With respect to the late notice provision, the Bill amends Insurance Law Section 3420 and provides that an insurer can disclaim coverage on late notice grounds only where the insured’s untimely notice has prejudiced the insurer.  The Bill further provides that the burden of establishing prejudice will rest with the insurer if the delayed notice is within 2 years after the time required under the policy.  However, if the delay in providing notice is greater than 2 years, the burden shifts to the insured (or injured person in a direct action) to prove that the insurer was not prejudiced by the delay.  The Bill also establishes an “irrebutabble presumption” of prejudice where notice is provided to the insurer after the insured’s liability is determined, or after the insured has settled the claim.  Finally, in an effort to provide guidance as to the meaning and application of the prejudice requirement, the Bill states that an insurer’s rights shall not be deemed prejudiced unless the failure to give timely notice “materially impairs the ability of the insurer to investigate or defend the claim.”

The Bill expressly exempts from the prejudice requirement claims-made policies, which the Bill states may still “provide that the claim shall be made during the policy period, any renewal thereof, or any extended reporting period….”  The Bill does not expressly address the reporting component of a claims-made-and-reported policy.  Although the Bill’s carve-out  for claims-made policies should also extend to claims-made-and-reported policies, including the latter’s quintessential reporting requirement that claims be reported during the policy period or extended reporting period, the current wording does not expressly state that.

As regards the declaratory judgment provision, the Bill amends Insurance Law Section 3420(a) and permits a claimant in an action arising out of personal injury or wrongful death to file suit directly against the tortfeasor’s insurer for declaratory relief where the insurer’s denial is premised upon late notice.  Previously, New York law permitted a tort claimant to file a direct action against an insurer only where a judgment against an insured remained unsatisfied for 30 days.
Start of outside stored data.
//! Searches over boards that the estimate of a board leads: what the estimate answers, and that the costs
//! are those of `dijkstra`.

use pf_base::PathError;
use pf_boards::{Board, Steps};
use pf_table_estimates::{
    BoardEstimates, EstimatedGraph, astar, astar_bag, astar_bag_collect, fringe, idastar,
};
use pf_tables::dijkstra;
use std::alloc::Global;

/// A board: its rows, its columns, its cells and its steps.
type Sketch = (usize, usize, &'static [Option<u8>], Steps);

/// Cells some of which are blocked.
const ROUGH: &[Option<u8>] = &[
    Some(4),
    Some(3),
    None,
    Some(4),
    Some(2),
    None,
    Some(2),
    Some(2),
    Some(5),
    Some(2),
    Some(2),
    Some(9),
];

/// Cells some of which cost nothing.
const FREE: &[Option<u8>] = &[Some(0), Some(0), Some(1), None, Some(1), Some(0)];

/// Cells of which the costs of three are above what the type holds.
const DEAR: &[Option<u8>] = &[Some(100), Some(100), Some(100), Some(100)];

/// Many cells of one cost.
const EVEN: &[Option<u8>] = &[Some(3); 100];

const BOARDS: &[Sketch] = &[
    (3, 4, ROUGH, Steps::Four),
    (3, 4, ROUGH, Steps::Eight),
    (4, 3, ROUGH, Steps::Four),
    (2, 3, FREE, Steps::Four),
    (3, 2, FREE, Steps::Eight),
    (1, 4, DEAR, Steps::Four),
    (2, 2, DEAR, Steps::Eight),
    (2, 2, &[None, None, None, None], Steps::Eight),
    (0, 0, &[], Steps::Four),
];

/// A board, a node, a goal, and the estimate of the cost that remains from one to the other.
const ESTIMATES: &[(Sketch, usize, usize, u8)] = &[
    ((3, 4, ROUGH, Steps::Four), 0, 11, 10),
    ((3, 4, ROUGH, Steps::Eight), 0, 11, 6),
    ((3, 4, ROUGH, Steps::Eight), 8, 2, 4),
    ((3, 4, ROUGH, Steps::Four), 5, 5, 0),
    ((2, 3, FREE, Steps::Four), 0, 5, 0),
    ((10, 10, EVEN, Steps::Four), 0, 99, 54),
    ((10, 10, EVEN, Steps::Eight), 90, 9, 27),
    ((5, 20, EVEN, Steps::Eight), 0, 99, 57),
    // Of 85 steps the cost fits, of 86 it does not.
    ((1, 100, EVEN, Steps::Four), 99, 14, 255),
    ((1, 100, EVEN, Steps::Four), 98, 14, 252),
    ((1, 100, EVEN, Steps::Four), 99, 0, 255),
    // A number that is no node, and a goal that is none.
    ((3, 4, ROUGH, Steps::Four), 12, 0, 0),
    ((3, 4, ROUGH, Steps::Four), 0, 12, 0),
];

/// The cost of a path, where there is one; a cost that does not fit is `Err`.
fn cost_of<P>(answer: Result<Option<(P, u8)>, PathError>) -> Result<Option<u8>, PathError>
where
    P: Drop,
{
    Ok(answer?.map(|found| found.1))
}

/// Whether the cost of a search that an estimate leads is the least one. Where there is no way to the
/// goal, such a search may tell that a cost does not fit.
fn is_least(cost: Result<Option<u8>, PathError>, least: Result<Option<u8>, PathError>) -> bool {
    match (cost, least) {
        (Ok(cost), Ok(least)) => cost == least,
        (Err(PathError::CostOverflow), Ok(None) | Err(PathError::CostOverflow)) => true,
        _ => false,
    }
}

/// Whether the searches that the estimate of a board leads answer the cost that `dijkstra` does.
fn costs_agree(alloc: Global, board: &Board<'_, u8>, from: usize, goal: usize) -> bool {
    let estimates = BoardEstimates::new(board, goal);
    let costs = [
        cost_of(astar(alloc, &estimates, from)),
        cost_of(fringe(alloc, &estimates, from)),
        cost_of(idastar(alloc, &estimates, from)),
        cost_of(astar_bag(alloc, &estimates, from)),
        cost_of(astar_bag_collect(alloc, &estimates, from)),
    ];
    costs.into_iter().all(|cost| is_least(cost, cost_of(dijkstra(alloc, board, from, goal))))
}

/// Whether they agree between any two numbers up to the number of nodes.
fn all_costs_agree(alloc: Global, board: &Board<'_, u8>) -> bool {
    let nodes = board.cells().len();
    for from in 0..=nodes {
        for goal in 0..=nodes {
            if !costs_agree(alloc, board, from, goal) {
                return false;
            }
        }
    }
    true
}

/// Whether they agree on a board.
fn agree_on(alloc: Global, sketch: &Sketch) -> bool {
    let (rows, columns, cells, steps) = *sketch;
    match &Board::new(rows, columns, cells, steps) {
        Ok(board) => board.steps() == steps && all_costs_agree(alloc, board),
        Err(_) => false,
    }
}

#[test]
fn costs_on_boards_are_least(rt: HostRuntime) {
    for (number, sketch) in BOARDS.iter().enumerate() {
        assert!(rt; agree_on(rt.alloc(), sketch), "board {number}");
    }
}

/// The estimate of the cost that remains from a node of a board to a goal.
fn estimate_on(sketch: &Sketch, node: usize, goal: usize) -> Option<u8> {
    let (rows, columns, cells, steps) = *sketch;
    match &Board::new(rows, columns, cells, steps) {
        Ok(board) => Some(BoardEstimates::new(board, goal).estimate(node)),
        Err(_) => None,
    }
}

#[test]
fn estimates_on_boards(rt: HostRuntime) {
    for (number, (sketch, node, goal, estimate)) in ESTIMATES.iter().enumerate() {
        let found = estimate_on(sketch, *node, *goal);
        assert!(rt; found == Some(*estimate), "case {number}: {found:?}");
    }
}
The “sole question” in a claimant’s declaratory action under the Bill will be limited to the insurer’s denial on late notice grounds.  However, third party claimants do not have the right to file suit directly against the insurer if the insured or insurer brings a declaratory judgment action within 60 days of the denial. It is unclear how this will apply in circumstances where an insurer disclaims coverage not only because of untimely notice, but on other grounds well.

The Bill also establishes a process for a claimant in a personal injury or wrongful death action to obtain confirmation from an insurer that the insured had a liability insurance policy in effect at the time of the occurrence and the limits of coverage provided under such policy.

Significantly, the Bill will not apply retroactively to policies already issued.  It will have prospective effect only. Section 8 of the Bill states that it shall become effective 180 days after it is signed into law, and only applies to policies issued after that 180-day period.  Thus, even assuming the Bill is signed into law shortly, policies issued prior to 2009 will be governed by traditional common law principles regarding prejudice and direct action claims, but those issued in 2009 will be subject to the new rules.